**INSTRUCTIONS TO FOLLOW**
Write all of the lines below out again, exactly as they stand.

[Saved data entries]
- Opening Delimiter -

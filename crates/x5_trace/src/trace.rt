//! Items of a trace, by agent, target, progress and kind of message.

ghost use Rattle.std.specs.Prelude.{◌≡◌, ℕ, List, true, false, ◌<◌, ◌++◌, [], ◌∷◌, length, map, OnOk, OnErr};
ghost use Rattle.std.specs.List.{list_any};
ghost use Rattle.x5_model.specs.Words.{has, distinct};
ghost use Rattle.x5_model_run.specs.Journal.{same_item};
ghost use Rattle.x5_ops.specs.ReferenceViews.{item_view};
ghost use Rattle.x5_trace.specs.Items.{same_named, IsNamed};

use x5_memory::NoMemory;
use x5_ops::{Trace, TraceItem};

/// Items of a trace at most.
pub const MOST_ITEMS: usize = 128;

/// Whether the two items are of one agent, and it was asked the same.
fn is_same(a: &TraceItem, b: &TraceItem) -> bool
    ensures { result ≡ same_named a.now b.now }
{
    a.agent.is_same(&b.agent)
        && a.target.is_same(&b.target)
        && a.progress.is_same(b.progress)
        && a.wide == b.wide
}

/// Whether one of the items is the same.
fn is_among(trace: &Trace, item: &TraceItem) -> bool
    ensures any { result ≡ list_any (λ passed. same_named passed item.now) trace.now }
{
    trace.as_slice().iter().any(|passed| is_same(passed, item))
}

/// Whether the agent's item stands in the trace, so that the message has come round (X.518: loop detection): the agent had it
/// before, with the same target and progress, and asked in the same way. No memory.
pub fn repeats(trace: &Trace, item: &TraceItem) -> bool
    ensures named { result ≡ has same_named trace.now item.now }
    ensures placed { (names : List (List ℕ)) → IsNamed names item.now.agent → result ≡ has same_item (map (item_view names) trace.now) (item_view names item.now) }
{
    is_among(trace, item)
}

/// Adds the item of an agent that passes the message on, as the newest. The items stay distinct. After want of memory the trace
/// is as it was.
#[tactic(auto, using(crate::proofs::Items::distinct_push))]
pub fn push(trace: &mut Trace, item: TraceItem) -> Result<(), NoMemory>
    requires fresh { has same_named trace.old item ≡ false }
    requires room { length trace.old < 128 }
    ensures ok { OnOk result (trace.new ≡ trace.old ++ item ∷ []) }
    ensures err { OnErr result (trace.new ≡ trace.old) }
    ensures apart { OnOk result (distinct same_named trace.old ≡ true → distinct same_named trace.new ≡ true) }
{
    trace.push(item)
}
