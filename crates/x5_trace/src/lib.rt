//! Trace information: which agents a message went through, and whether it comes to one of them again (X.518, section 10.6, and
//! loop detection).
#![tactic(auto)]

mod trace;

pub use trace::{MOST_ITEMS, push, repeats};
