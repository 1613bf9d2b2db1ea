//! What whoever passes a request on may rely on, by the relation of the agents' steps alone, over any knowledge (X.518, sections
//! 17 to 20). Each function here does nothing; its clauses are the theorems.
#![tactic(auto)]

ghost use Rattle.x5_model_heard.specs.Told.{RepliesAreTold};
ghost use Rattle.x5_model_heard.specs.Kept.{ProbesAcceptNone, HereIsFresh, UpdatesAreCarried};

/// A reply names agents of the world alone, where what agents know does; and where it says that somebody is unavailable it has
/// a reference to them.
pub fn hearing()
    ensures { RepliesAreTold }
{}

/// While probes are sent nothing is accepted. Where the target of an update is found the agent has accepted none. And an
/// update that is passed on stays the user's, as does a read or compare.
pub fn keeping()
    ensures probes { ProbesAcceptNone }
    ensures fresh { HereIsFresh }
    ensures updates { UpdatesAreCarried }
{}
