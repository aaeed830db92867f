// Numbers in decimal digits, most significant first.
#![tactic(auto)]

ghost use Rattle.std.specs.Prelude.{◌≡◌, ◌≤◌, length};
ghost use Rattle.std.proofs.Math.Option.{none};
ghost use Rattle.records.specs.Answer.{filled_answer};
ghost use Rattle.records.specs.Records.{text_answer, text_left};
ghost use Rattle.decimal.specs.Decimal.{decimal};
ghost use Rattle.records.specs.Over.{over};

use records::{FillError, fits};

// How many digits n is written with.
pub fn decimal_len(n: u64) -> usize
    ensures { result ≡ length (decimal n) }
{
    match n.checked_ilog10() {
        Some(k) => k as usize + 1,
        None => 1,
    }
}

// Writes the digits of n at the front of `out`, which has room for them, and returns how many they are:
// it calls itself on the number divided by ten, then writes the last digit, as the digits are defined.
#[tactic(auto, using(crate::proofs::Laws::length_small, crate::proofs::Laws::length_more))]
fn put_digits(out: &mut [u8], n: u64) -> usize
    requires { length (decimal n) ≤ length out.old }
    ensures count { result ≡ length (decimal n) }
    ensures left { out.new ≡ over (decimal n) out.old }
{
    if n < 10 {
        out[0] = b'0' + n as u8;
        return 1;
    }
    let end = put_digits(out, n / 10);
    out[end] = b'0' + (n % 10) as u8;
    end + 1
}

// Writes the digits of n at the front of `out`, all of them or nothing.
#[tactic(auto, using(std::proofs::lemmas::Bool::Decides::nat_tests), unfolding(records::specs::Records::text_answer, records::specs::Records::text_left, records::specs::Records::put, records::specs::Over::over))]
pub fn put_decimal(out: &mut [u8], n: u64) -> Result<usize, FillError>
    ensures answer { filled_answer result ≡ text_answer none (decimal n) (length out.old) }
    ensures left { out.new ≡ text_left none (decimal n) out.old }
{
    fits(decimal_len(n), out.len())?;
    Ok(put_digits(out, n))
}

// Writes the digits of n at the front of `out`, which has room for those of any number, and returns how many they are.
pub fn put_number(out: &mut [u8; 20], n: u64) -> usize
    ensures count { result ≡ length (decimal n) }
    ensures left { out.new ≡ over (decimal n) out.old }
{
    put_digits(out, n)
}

- Closing Delimiter -

**YOUR RESPONSE**
filename crates/x5_trace/src/trace.rt
//! Items of a trace, by agent, target, progress and kind of message.

ghost use Rattle.std.specs.Prelude.{◌≡◌, ℕ, List, true, false, ◌<◌, ◌++◌, [], ◌∷◌, length, map, OnOk, OnErr};
ghost use Rattle.std.specs.List.{list_any};
ghost use Rattle.x5_model.specs.Words.{has, distinct};
ghost use Rattle.x5_model_run.specs.Journal.{same_item};
ghost use Rattle.x5_ops.specs.ReferenceViews.{item_view};
ghost use Rattle.x5_trace.specs.Items.{same_named, IsNamed};

use x5_memory::NoMemory;
use x5_ops::{Trace, TraceItem};

/// Items of a trace at most.
pub const MOST_ITEMS: usize = 128;

/// Whether the two items are of one agent, and it was asked the same.
fn is_same(a: &TraceItem, b: &TraceItem) -> bool
    ensures { result ≡ same_named a.now b.now }
{
    a.agent.is_same(&b.agent)
        && a.target.is_same(&b.target)
        && a.progress.is_same(b.progress)
        && a.wide == b.wide
}

/// Whether one of the items is the same.
fn is_among(trace: &Trace, item: &TraceItem) -> bool
    ensures any { result ≡ list_any (λ passed. same_named passed item.now) trace.now }
{
    trace.as_slice().iter().any(|passed| is_same(passed, item))
}

/// Whether the agent's item stands in the trace, so that the message has come round (X.518: loop detection): the agent had it
/// before, with the same target and progress, and asked in the same way. No memory.
pub fn repeats(trace: &Trace, item: &TraceItem) -> bool
    ensures named { result ≡ has same_named trace.now item.now }
    ensures placed { (names : List (List ℕ)) → IsNamed names item.now.agent → result ≡ has same_item (map (item_view names) trace.now) (item_view names item.now) }
{
    is_among(trace, item)
}

/// Adds the item of an agent that passes the message on, as the newest. The items stay distinct. After want of memory the trace
/// is as it was.
#[tactic(auto, using(crate::proofs::Items::distinct_push))]
pub fn push(trace: &mut Trace, item: TraceItem) -> Result<(), NoMemory>
    requires fresh { has same_named trace.old item ≡ false }
    requires room { length trace.old < 128 }
    ensures ok { OnOk result (trace.new ≡ trace.old ++ item ∷ []) }
    ensures err { OnErr result (trace.new ≡ trace.old) }
    ensures apart { OnOk result (distinct same_named trace.old ≡ true → distinct same_named trace.new ≡ true) }
{
    trace.push(item)
}
filename crates/x5_trace/src/lib.rt
//! Trace information: which agents a message went through, and whether it comes to one of them again (X.518, section 10.6, and
//! loop detection).
#![tactic(auto)]

mod trace;

pub use trace::{MOST_ITEMS, push, repeats};
repository 1613bf9d2b2db1ea
//! What whoever passes a request on may rely on, by the relation of the agents' steps alone, over any knowledge (X.518, sections
//! 17 to 20). Each function here does nothing; its clauses are the theorems.
#![tactic(auto)]

ghost use Rattle.x5_model_heard.specs.Told.{RepliesAreTold};
ghost use Rattle.x5_model_heard.specs.Kept.{ProbesAcceptNone, HereIsFresh, UpdatesAreCarried};

/// A reply names agents of the world alone, where what agents know does; and where it says that somebody is unavailable it has
/// a reference to them.
pub fn hearing()
    ensures { RepliesAreTold }
{}

/// While probes are sent nothing is accepted. Where the target of an update is found the agent has accepted none. And an
/// update that is passed on stays the user's, as does a read or compare.
pub fn keeping()
    ensures probes { ProbesAcceptNone }
    ensures fresh { HereIsFresh }
    ensures updates { UpdatesAreCarried }
{}
repository aaeed830db92867f
// Numbers in decimal digits, most significant first.
#![tactic(auto)]

ghost use Rattle.std.specs.Prelude.{◌≡◌, ◌≤◌, length};
ghost use Rattle.std.proofs.Math.Option.{none};
ghost use Rattle.records.specs.Answer.{filled_answer};
ghost use Rattle.records.specs.Records.{text_answer, text_left};
ghost use Rattle.decimal.specs.Decimal.{decimal};
ghost use Rattle.records.specs.Over.{over};

use records::{FillError, fits};

// How many digits n is written with.
pub fn decimal_len(n: u64) -> usize
    ensures { result ≡ length (decimal n) }
{
    match n.checked_ilog10() {
        Some(k) => k as usize + 1,
        None => 1,
    }
}

// Writes the digits of n at the front of `out`, which has room for them, and returns how many they are:
// it calls itself on the number divided by ten, then writes the last digit, as the digits are defined.
#[tactic(auto, using(crate::proofs::Laws::length_small, crate::proofs::Laws::length_more))]
fn put_digits(out: &mut [u8], n: u64) -> usize
    requires { length (decimal n) ≤ length out.old }
    ensures count { result ≡ length (decimal n) }
    ensures left { out.new ≡ over (decimal n) out.old }
{
    if n < 10 {
        out[0] = b'0' + n as u8;
        return 1;
    }
    let end = put_digits(out, n / 10);
    out[end] = b'0' + (n % 10) as u8;
    end + 1
}

// Writes the digits of n at the front of `out`, all of them or nothing.
#[tactic(auto, using(std::proofs::lemmas::Bool::Decides::nat_tests), unfolding(records::specs::Records::text_answer, records::specs::Records::text_left, records::specs::Records::put, records::specs::Over::over))]
pub fn put_decimal(out: &mut [u8], n: u64) -> Result<usize, FillError>
    ensures answer { filled_answer result ≡ text_answer none (decimal n) (length out.old) }
    ensures left { out.new ≡ text_left none (decimal n) out.old }
{
    fits(decimal_len(n), out.len())?;
    Ok(put_digits(out, n))
}

// Writes the digits of n at the front of `out`, which has room for those of any number, and returns how many they are.
pub fn put_number(out: &mut [u8; 20], n: u64) -> usize
    ensures count { result ≡ length (decimal n) }
    ensures left { out.new ≡ over (decimal n) out.old }
{
    put_digits(out, n)
}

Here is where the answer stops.